Nieuwe gentherapieën voor erfelijke bloedarmoede

Sanquin heeft samen met het Hubrecht instituut verschillende nieuwe vormen van gentherapie ontwikkeld voor sikkelcelziekte en bèta-thalassemie. Dit zijn erfelijke ziektes die leiden tot ernstige bloedarmoede en andere ernstige levensbedreigende complicaties. In Nederland zijn er rond de 2000 patiënten. Het onderzoek wordt binnekort gepubliceerd in Blood.

emile van den akkerBij deze ziektes wordt door een mutatie in het DNA het eiwit hemoglobine (Hb) niet goed gevormd, wat allerlei gevolgen heeft voor rode bloedcellen. Zo kunnen die verminderd zuurstof binden en afgeven. De nieuwe gentherapieën zorgen ervoor dat er een andere vorm van hemoglobine wordt aangemaakt, één die normaal gesproken alleen bij de foetus voorkomt, foetaal Hb.

De onderzoeksgroep van Emile van den Akker gebruikt CRISPR-Cas9, een genetische schaar om in het lab in de bloedstamcellen van patiënten een stukje DNA te verwijderen, waardoor de foetale vorm van Hb wordt aangemaakt, en het kapotte gen wordt onderdrukt. Sanquin voert dit onderzoek uit in een samenwerkingsverband met het Hubrecht Instituut, het Oncode instituut, het Amsterdam UMC en het Erasmus MC. Patiënten zijn nu voor genezing afhankelijk van stamcellen van een donor. Maar lang niet altijd is een passende stamceldonor beschikbaar. Ook geven donorstamcellen regelmatig ernstige bijwerkingen. Het heeft dus grote voordelen om patiënten te kunnen behandelen met hun eigen, aangepaste stamcellen.

Foetaal hemoglobine

Tijdens de zwangerschap haalt de baby zuurstof uit het bloed van moeder. Dat vindt plaats in de placenta. Omdat de foetale vorm van Hb sterker aan zuurstof bindt dan de volwassen vorm, kunnen de rode bloedcellen van de baby makkelijk zuurstof overpakken wat vrijkomt uit de bloedcellen van moeder. Gedurende het eerste jaar na de geboorte schakelt de baby over op de volwassen vorm van Hb, dat als voordeel heeft dat het makkelijker zuurstof afgeeft aan de weefsels.

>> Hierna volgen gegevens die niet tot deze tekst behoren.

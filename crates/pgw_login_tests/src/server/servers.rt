//! Servers that ask for a password.

use crate::server::support::{NoParameters, OnePassword, Said, hear};
use pgw_login::cleartext::CleartextPasswordAuthStartupHandler;
use pgw_login::md5::Md5PasswordAuthStartupHandler;
use pgw_login::source::{LoginInfo, SecretSource};
use pgw_login_sasl::handler::SASLAuthStartupHandler;
use pgw_login_sasl::scram::ScramAuth;
use pgw_login_sasl::stored::Secrets;
use pgw_registry::generator::RandomPidSecretKeyGenerator;
use pgw_secrets::secret::StoredSecret;
use pgw_types::error::PgWireResult;
use pgw_types::memory::OutOfMemory;
use pgw_types::octets::Octets;
use std::alloc::Global;
use std::process::Abort;

/// What a server asks for.
#[derive(Clone, Copy, Drop)]
pub enum Asks {
    Cleartext,
    // under this bound
    CleartextWithin(u32),
    Md5,
    Scram,
    // the same over a stored secret
    Stored,
}

/// What a server for SCRAM keeps.
pub const PENCIL: &[u8] =
    b"\xc6\xe7F\xca\x1c\n\xb4\xb9F\x99\x15iu\xf6\x1a1\xb6\x1f\x07^V\xb3\x1e\xbb;\x117\x8b\x14)`R";

// A server that asks for the password `secret` in clear text.
fn cleartext<R: Abort>(
    rt: &R,
    alloc: Global,
    bound: Option<u32>,
    bytes: &[u8],
    cut: usize,
) -> Result<Said, OutOfMemory> {
    let (generator, seat) = RandomPidSecretKeyGenerator::new(alloc)?;
    let source = OnePassword {
        salt: b"",
        password: b"secret",
    };
    let handler = CleartextPasswordAuthStartupHandler::new(source, NoParameters, generator);
    hear(rt, alloc, handler, seat, bound, bytes, cut)
}

// A server that asks for the password `themanwhochangedchina` of `zmjiang` under MD5, with a salt.
fn md5<R: Abort>(rt: &R, alloc: Global, bytes: &[u8], cut: usize) -> Result<Said, OutOfMemory> {
    let (generator, seat) = RandomPidSecretKeyGenerator::new(alloc)?;
    let source = OnePassword {
        salt: b"\x14\xf7\x6b\xf9",
        password: b"md521fe459d77d3e3ea9c9fcd5c11030d30",
    };
    let handler = Md5PasswordAuthStartupHandler::new(source, NoParameters, generator);
    hear(rt, alloc, handler, seat, None, bytes, cut)
}

// SCRAM with twelve rounds.
fn pencil() -> ScramAuth<OnePassword> {
    let mut scram = ScramAuth::new(OnePassword {
        salt: b"bar",
        password: PENCIL,
    });
    scram.set_iterations(12);
    scram
}

// A server that asks for the password `pencil` by SCRAM-SHA-256. It keeps what PBKDF2 makes of it, as Python's hashlib
// tells it: `pbkdf2_hmac('sha256', b'pencil', b'bar', 12)`.
fn scram<R: Abort>(rt: &R, alloc: Global, bytes: &[u8], cut: usize) -> Result<Said, OutOfMemory> {
    let (generator, seat) = RandomPidSecretKeyGenerator::new(alloc)?;
    let handler = SASLAuthStartupHandler::new(NoParameters, generator).with_scram(pencil());
    hear(rt, alloc, handler, seat, None, bytes, cut)
}

// Keeps the secret of `pencil`, for whoever asks: StoredKey and ServerKey as Python's hashlib and hmac tell them, of the
// same salt and count.
#[derive(Drop)]
struct PencilSecret;

const STORED_KEY: [u8; 32] =
    *b"\xd2\xcdU47f;k\xc2\x1e\xa0\0I9ky\x1ed0\xa4\xa3\x9czNx\x92zZ\xbb'\nD";

const SERVER_KEY: [u8; 32] =
    *b"Q\x0ePv\xbdqJ(}\xca5<\xe5\x99\xe8:\xd2;l\x7fb\xb7\xba\xf2\xb0\xdd\xabHs7\xb4o";

impl SecretSource for PencilSecret {
    ghost secrets = { λ s login answer. Unit {0} };

    fn get_secret(&self, alloc: Global, _login: &LoginInfo<'_>) -> PgWireResult<StoredSecret> {
        Ok(StoredSecret {
            count: 12,
            salt: Octets::from_slice(alloc, b"bar")?,
            stored_key: STORED_KEY,
            server_key: SERVER_KEY,
        })
    }
}

// A server that asks for the same by SCRAM-SHA-256, and keeps a secret in place of a password.
fn stored<R: Abort>(rt: &R, alloc: Global, bytes: &[u8], cut: usize) -> Result<Said, OutOfMemory> {
    let (generator, seat) = RandomPidSecretKeyGenerator::new(alloc)?;
    let scram = ScramAuth::new(Secrets::new(PencilSecret));
    let handler = SASLAuthStartupHandler::new(NoParameters, generator).with_scram(scram);
    hear(rt, alloc, handler, seat, None, bytes, cut)
}

/// What a server says to a client's bytes, so many at a time.
pub fn server_says<R: Abort>(
    rt: &R,
    alloc: Global,
    asks: Asks,
    bytes: &[u8],
    cut: usize,
) -> Result<Said, OutOfMemory> {
    match asks {
        Asks::Cleartext => cleartext(rt, alloc, None, bytes, cut),
        Asks::CleartextWithin(bound) => cleartext(rt, alloc, Some(bound), bytes, cut),
        Asks::Md5 => md5(rt, alloc, bytes, cut),
        Asks::Scram => scram(rt, alloc, bytes, cut),
        Asks::Stored => stored(rt, alloc, bytes, cut),
    }
}

/// Compares what a server says with what is wanted, of bytes that came so many at a time.
pub fn compare<R: Abort>(rt: &R, said: &Said, answer: &str, out: &[u8], cut: usize) {
    let came = (said.answer.as_str(), said.out.as_slice());
    assert_eq!(rt; came, (answer, out), "cut at {cut}");
}
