//! Whole logins of a client's session at a server's core: each is given what the other says.

use crate::server::servers::{Asks, compare, server_says};
use bytes::BytesMut;
use pgw_client::{Config, Listed, MemoryLink, Octets, OutOfMemory, run_session};
use std::alloc::Global;
use std::process::Abort;
use std::test::Fail;

fn link_of(alloc: Global, server: &[u8]) -> Result<MemoryLink, OutOfMemory> {
    let server = Octets::from_slice(alloc, server)?;
    Ok(MemoryLink::new(alloc, server, 7, Listed::new(alloc), Listed::new(alloc)))
}

// Whether a session over the link is done.
fn is_done(alloc: Global, link: &mut MemoryLink, config: &Config) -> bool {
    let answer = run_session(alloc, link, config, &[], &[0; 18], 10_000);
    let is_done = answer.is_ok();
    drop(answer);
    is_done
}

// What a session writes to a server that says this, and whether it was done.
fn client_says(
    alloc: Global,
    config: &Config,
    server: &BytesMut,
) -> Result<(Vec<u8>, bool), OutOfMemory> {
    let mut link = link_of(alloc, server.as_slice())?;
    let is_done = is_done(alloc, &mut link, config);
    let written = link.written().to_vec(alloc);
    drop(link);
    Ok((written?, is_done))
}

// What the server says to a session that hears this.
fn replied<R: Abort>(
    rt: &R,
    alloc: Global,
    asks: Asks,
    config: &Config,
    cut: usize,
    server: &BytesMut,
) -> Result<BytesMut, OutOfMemory> {
    let (client, _) = client_says(alloc, config, server)?;
    Ok(server_says(rt, alloc, asks, client.as_slice(), cut)?.out)
}

// What the server says in the end, where each begins anew with all that the other has said, four times.
fn talked<R: Abort>(
    rt: &R,
    alloc: Global,
    asks: Asks,
    config: &Config,
    cut: usize,
) -> Result<BytesMut, OutOfMemory> {
    let mut server = BytesMut::new(alloc);
    for _ in 0..4 {
        server = replied(rt, alloc, asks, config, cut, &server)?;
    }
    Ok(server)
}

// The session that hears this server is done and says what it is to say.
fn check_client<R: Abort>(
    rt: &R,
    alloc: Global,
    config: &Config,
    server: &BytesMut,
    want: &[u8],
) -> Result<(), OutOfMemory> {
    let (client, is_done) = client_says(alloc, config, server)?;
    assert_eq!(rt; (is_done, client.as_slice()), (true, want));
    Ok(())
}

// The client that hears this server is done and says what it is to say, and the server that hears it says this and is
// finished.
fn check_both<R: Abort>(
    rt: &R,
    alloc: Global,
    asks: Asks,
    config: &Config,
    cut: usize,
    server: &BytesMut,
    want: &[u8],
) -> Result<(), OutOfMemory> {
    check_client(rt, alloc, config, server, want)?;
    let said = server_says(rt, alloc, asks, want, cut)?;
    compare(rt, &said, "finished", server.as_slice(), cut);
    Ok(())
}

// Checks both by what the server says in the end.
fn agree<R: Abort>(
    rt: &R,
    alloc: Global,
    asks: Asks,
    config: &Config,
    cut: usize,
    want: &[u8],
) -> Result<(), OutOfMemory> {
    let server = talked(rt, alloc, asks, config, cut)?;
    check_both(rt, alloc, asks, config, cut, &server, want)
}

// As `agree`, however the client's bytes are cut.
fn agree_by<R: Abort>(
    rt: &R,
    alloc: Global,
    asks: Asks,
    config: &Config,
    want: &[u8],
) -> Result<(), OutOfMemory> {
    for cut in [1, 7, 1000] {
        agree(rt, alloc, asks, config, cut, want)?;
    }
    Ok(())
}

// MD5 password and salt: the worked exchange of the documentation's formula. SCRAM: computed with Python's hashlib by
// the formulas of RFC 5802.
const SESSIONS: &[(Asks, &str, &[u8])] = &[
    (
        Asks::Cleartext,
        "user=bob password=secret",
        b"\0\0\0\x12\0\x03\0\0user\0bob\0\0p\0\0\0\x0bsecret\0",
    ),
    (
        Asks::Md5,
        "user=zmjiang password=themanwhochangedchina",
        b"\0\0\0\x16\0\x03\0\0user\0zmjiang\0\0p\0\0\0\x28md521fe459d77d3e3ea9c9fcd5c11030d30\0",
    ),
    (
        Asks::Scram,
        "user=bob password=pencil",
        b"\0\0\0\x12\0\x03\0\0user\0bob\0\0p\0\0\0\x39SCRAM-SHA-256\0\0\0\0\x23n,,n=bob,r=AAAAAAAAAAAAAAAAAAAAAAAAp\0\0\0\x6cc=biws,r=AAAAAAAAAAAAAAAAAAAAAAAABwcHBwcHBwcHBwcHBwcHBwcH,p=n1VgT25XHwVm6sZ2+FOk/xU9ha8fQMg8oIejHRXoAqY=",
    ),
    (
        Asks::Stored,
        "user=bob password=pencil",
        b"\0\0\0\x12\0\x03\0\0user\0bob\0\0p\0\0\0\x39SCRAM-SHA-256\0\0\0\0\x23n,,n=bob,r=AAAAAAAAAAAAAAAAAAAAAAAAp\0\0\0\x6cc=biws,r=AAAAAAAAAAAAAAAAAAAAAAAABwcHBwcHBwcHBwcHBwcHBwcH,p=n1VgT25XHwVm6sZ2+FOk/xU9ha8fQMg8oIejHRXoAqY=",
    ),
];

#[test]
fn sessions_log_in(rt: HostRuntime) -> Result<(), Fail> {
    for (asks, text, want) in SESSIONS {
        let config = Config::parse(rt.alloc(), text)?;
        let agreed = agree_by(&rt, rt.alloc(), *asks, &config, want);
        drop(config);
        agreed?;
    }
    Ok(())
}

Dat betekent niet dat foetaal Hb ongeschikt is voor het leven buiten de baarmoeder, vertelt van den Akker. “Bij erfelijke persistentie van foetaal hemoglobine (HPFH) maak je de overstap naar volwassen Hb maar gedeeltelijk, en blijf je je hele leven gebruik maken van foetaal Hb.  Mensen die bovenop HPFH een mutatie hebben die zou leiden tot de sikkelcelziekte of Bèta-thalassemie, hebben alleen milde klachten. daarom weten we dat foetaal Hb  een goed alternatief is voor patiënten met sikkelcelziekte en Bèta-thalassemie. Deze technieken kunnen we verder ontwikkelen tot een behandeling voor patiënten, in samenwerking met het Laboratorium voor celtherapie van Sanquin en met onze partners, waar veel ervaring is in het bewerken en bewaren van stamcellen.”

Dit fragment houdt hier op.